AMBARI-26487: Bump commons-io:commons-io from 2.4 to 2.14.0 in /ambari-metrics-common

[0lai0]

What changes were proposed in this pull request?

Bump commons-io:commons-io from 2.4 to 2.14.0 in /ambari-metrics-common

How was this patch tested?

cd ambari-metrics-common
mvn test
mvn dependency:tree -DignoreErrors | grep commons-io
mvn dependency:tree -DignoreErrors

[jojochuang]

This change by itself is good. I verified it didn't break anything: https://github.com/apache/ambari-metrics/pull/157/commits

But commons-io is 2.1 in ambari-metrics-hadoop-sink ,
2.4 in ambari-metrics-timelineservice. Can we get them updated as well?

[0lai0]

This change by itself is good. I verified it didn't break anything: https://github.com/apache/ambari-metrics/pull/157/commits

But commons-io is 2.1 in ambari-metrics-hadoop-sink , 2.4 in ambari-metrics-timelineservice. Can we get them updated as well?

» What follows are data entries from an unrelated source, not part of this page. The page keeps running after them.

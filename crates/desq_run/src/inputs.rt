//! Reads the files that a command names, or makes its input.

ghost use Rattle.std.specs.Prelude.{◌≡◌, ◌≢◌, ℕ, ◌≤◌, ◌<◌, ◌++◌, List, [], Option, Err, IsSome, IsTrue, IfOk, IfErr, OnOk, IfSome, None, length, All, option_map, string_bytes};
ghost use Rattle.std.specs.List.{AllByRecursion};
ghost use Rattle.text_ports.specs.Faults.{Rose};
ghost use Rattle.mine_model.specs.declared.fault.Fault.TheVariants.{Read, Write};
ghost use Rattle.mine_model.specs.declared.fault.Which.{Which};
ghost use Rattle.mine_model.specs.declared.fault.Which.TheVariants.{Hierarchy as OfHierarchy, Sequences};
ghost use Rattle.mine_model.specs.Ancestry.{Ancestry};
ghost use Rattle.mine_model.specs.Names.{HasName, AreDistinct};
ghost use Rattle.mine_model.specs.Refusal.{IsHierarchyRefusal, IsSequencesRefusal};
ghost use Rattle.made_input.specs.Made.{most_made};
ghost use Rattle.command_line.specs.Words.{NamesFile, file_of, make, Command as CommandSaid};
ghost use Rattle.command_line.specs.Commands.{source_said, command_said};
ghost use Rattle.desq_run.specs.Ends.{bytes_named, HasSource, MayEndWith};
ghost use Rattle.desq_run.specs.Inputs.{IsClosureOf, RefusesRows, AreRowsOf, IsDatabaseOf, AreLinksWithin, AreInputs, FailsBy, FailsInTurn, HasRanges, IsMinedBy};

use command_line::{Command, Source};
use item_hierarchy::{CloseFault, Ordered, order};
use item_names::Names;
use mine_model::{Db, Fault, Hierarchy, NoMemory};
use std::alloc::Global;
use std::thread;
use std::thread::Threads;
use text_ports::Files;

Sure, I'd be happy to update the PR.

[JiaLiangC]

@0lai0 When upgrading dependencies in Ambari Metrics, extreme caution must be exercised due to version coupling with Hadoop dependencies. These dependencies are packaged into the Hadoop-sink and embedded into Hadoop as a plugin. If the versions conflict with Hadoop's dependency versions, it can directly cause Hadoop to fail to start.

[JiaLiangC]

Therefore, the best approach is to quickly deploy a test cluster after upgrading the dependencies. However, the one-click Docker cluster deployment project is not yet available, making testing quite challenging. Previously, upgrading to JDK 17 caused the Hadoop Sink to be compiled with JDK 17, and when embedded into Hadoop as a plugin, the JDK version mismatch led to startup failures.

[jojochuang]

I see. Thanks for the heads up.
Commons-io usually doesn't cause trouble when upgrade. Also worth noting that I intend to update Hadoop 3.3 commons-io version to 2.14.0 as well.

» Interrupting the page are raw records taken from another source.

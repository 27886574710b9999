//! From a job to the rows of the answer.

ghost use Rattle.std.specs.Prelude.{◌≡◌, ◌≤◌, ◌<◌, ℕ, true, List, None, length, All, IfOk, IfErr, Contains};
ghost use Rattle.std.specs.List.{AllByRecursion};
ghost use Rattle.mine_model.specs.declared.fault.Fault.TheVariants.{NoMemory as OutOfMemory};
ghost use Rattle.mine_model.specs.Limits.{most_workers};
ghost use Rattle.mine_model.specs.declared.row.Row.{Row as TheRow};
ghost use Rattle.mine_model.specs.Numbered.{AreFrequent, PatternsDiffer};
ghost use Rattle.mine_model.specs.Names.{HasName};
ghost use Rattle.mine_model.specs.Ranks.{AreTiesByName};
ghost use Rattle.mining_job.specs.Problems.{data_of};
ghost use Rattle.search_engine.specs.Partition.{IsWorkFor};
ghost use Rattle.mine_model.specs.PartitionWork.{IsNamedBefore};
ghost use Rattle.desq_run.specs.Ends.{IsWorkOf};
ghost use Rattle.desq_run.specs.Inputs.{AreFound, AreOrdered, HasShare};

use super::shares::mined_share;
use command_line::{Command, Engine};
use item_names::Names;
use mine_model::{Fault, Gate, Mined, NoMemory};
use mining_job::Job;
use pattern_writer::order;
use search_engine::Division;
use std::alloc::Global;
use std::sync::Wait;
use std::thread::Threads;

/// The frequent patterns of the job, found by a search, split by pivots or not, in no stated order. With a
/// seed the search is simulated.
fn searched<R: Threads + Wait + Sync, G: Gate>(
    rt: &R,
    alloc: Global,
    job: &Job,
    division: Division,
    command: &Command,
    gate: &G,
) -> Result<Mined, NoMemory>
    requires workers { 1 ≤ command.now.workers }
    requires few { command.now.workers ≤ most_workers }
    ensures frequent { IfOk result (λ mined. AreFrequent (data_of job.now) mined.rows.items) }
    ensures items { IfOk result (λ mined. (row : TheRow) → Contains mined.rows.items row
        → AllByRecursion (λ t. t.0 < job.now.hierarchy.items) row.pattern) }
    ensures work { IfOk result (λ mined.
        IsWorkFor division (data_of job.now) job.now.ranking.order mined.work) }
{
    match command.seed {
        Some(seed) => search_engine::simulate(alloc, job, division, command.workers, seed),
        None => search_engine::mine(rt, alloc, job, division, command.workers, gate),
    }
}

/// The frequent patterns of the job, found by the engine of the command, in no stated order, and where the
/// command asks for it the work.
fn mined_by<R: Threads + Wait + Sync, G: Gate>(
    rt: &R,
    alloc: Global,
    job: &Job,
    command: &Command,
    gate: &G,
) -> Result<Mined, NoMemory>
    requires workers { 1 ≤ command.now.workers }
    requires few { command.now.workers ≤ most_workers }
    ensures frequent { IfOk result (λ mined. AreFrequent (data_of job.now) mined.rows.items) }
    ensures items { IfOk result (λ mined. (row : TheRow) → Contains mined.rows.items row
        → AllByRecursion (λ t. t.0 < job.now.hierarchy.items) row.pattern) }
    ensures work { command.now.stats ≡ true → (names : List (List ℕ)) → AreTiesByName names job.now.ranking
        → IfOk result (λ mined.
        IsWorkOf (IsNamedBefore names) None command.now.engine (data_of job.now) mined.work) }
{
    // The contract of `items` says that no link leads out of the items, so each ranked item is one of them.
    let _items = job.hierarchy().items();
    match command.engine {
        Engine::Count => {
            count_engine::mine(rt, alloc, job, command.workers, command.stats, gate)
        }
        Engine::Dfs => searched(rt, alloc, job, Division::Whole, command, gate),
        Engine::Pivot => searched(rt, alloc, job, Division::ByPivots, command, gate),
        Engine::Cand => cand_automaton::mine(rt, alloc, job, command.workers, gate),
    }
}

/// The frequent patterns of the job that the command is to find, all or those of its share, in no stated
/// order, and where the command asks for it the work.
fn found<R: Threads + Wait + Sync, G: Gate>(
    rt: &R,
    alloc: Global,
    job: &Job,
    command: &Command,
    gate: &G,
) -> Result<Mined, NoMemory>
    requires workers { 1 ≤ command.now.workers }
    requires few { command.now.workers ≤ most_workers }
    requires share { HasShare command.now.share }
    ensures once { IfOk result (λ mined. PatternsDiffer mined.rows.items) }
    ensures found { (names : List (List ℕ)) → AreTiesByName names job.now.ranking → IfOk result (λ mined.
        AreFound (IsNamedBefore names) command.now.share (data_of job.now) mined.rows.items) }
    ensures items { IfOk result (λ mined. (row : TheRow) → Contains mined.rows.items row
        → AllByRecursion (λ t. t.0 < job.now.hierarchy.items) row.pattern) }
    ensures work { command.now.stats ≡ true → (names : List (List ℕ)) → AreTiesByName names job.now.ranking
        → IfOk result (λ mined. IsWorkOf (IsNamedBefore names) command.now.share command.now.engine
        (data_of job.now) mined.work) }
{
    match command.share {
        Some(share) => mined_share(rt, alloc, job, share, command.workers, gate),
        None => mined_by(rt, alloc, job, command, gate),
    }
}

/// The frequent rows of the job in order, all or those of a share, where its items have these names, and
/// where the command asks for it the work of finding them.
pub(crate) fn ordered_rows<R: Threads + Wait + Sync, G: Gate>(
    rt: &R,
    alloc: Global,
    names: &Names,
    job: &Job,
    command: &Command,
    gate: &G,
) -> Result<Mined, Fault>
    requires workers { 1 ≤ command.now.workers }
    requires few { command.now.workers ≤ most_workers }
    requires share { HasShare command.now.share }
    requires items { job.now.hierarchy.items ≡ length names.now }
    requires ties { AreTiesByName names.now job.now.ranking }
    ensures rows { IfOk result (λ mined.
        AreOrdered names.now command.now.share (data_of job.now) mined.rows.items) }
    ensures named { IfOk result (λ mined. All (λ row. All (HasName names.now) row.pattern) mined.rows.items) }
    ensures work { command.now.stats ≡ true → IfOk result (λ mined. IsWorkOf (IsNamedBefore names.now)
        command.now.share command.now.engine (data_of job.now) mined.work) }
    ensures fails { IfErr result (λ fault. fault ≡ OutOfMemory) }
{
    let Mined { mut rows, work } = found(rt, alloc, job, command, gate)?;
    order(rows.as_mut_slice(), names);
    Ok(Mined { rows, work })
}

Perhaps we should add an integration test module too otherwise these kind of frictions is too much.

[jojochuang]

We should consider shade the jars to avoid version conflicts. I'd like to study that possibility soon.

[jojochuang]

+1 from me but let's wait for more validation.

[0lai0]

Therefore, the best approach is to quickly deploy a test cluster after upgrading the dependencies. However, the one-click Docker cluster deployment project is not yet available, making testing quite challenging. Previously, upgrading to JDK 17 caused the Hadoop Sink to be compiled with JDK 17, and when embedded into Hadoop as a plugin, the JDK version mismatch led to startup failures.

Thank you for your comprehensive explanation, which has greatly clarified the risks and precautions involved in upgrading dependencies for Ambari Metrics.
Given the absence of a one-click Docker deployment tool, setting up a test cluster might be somewhat challenging. Could you kindly recommend any tools or scripts that could streamline the process of building a test cluster? Thank you!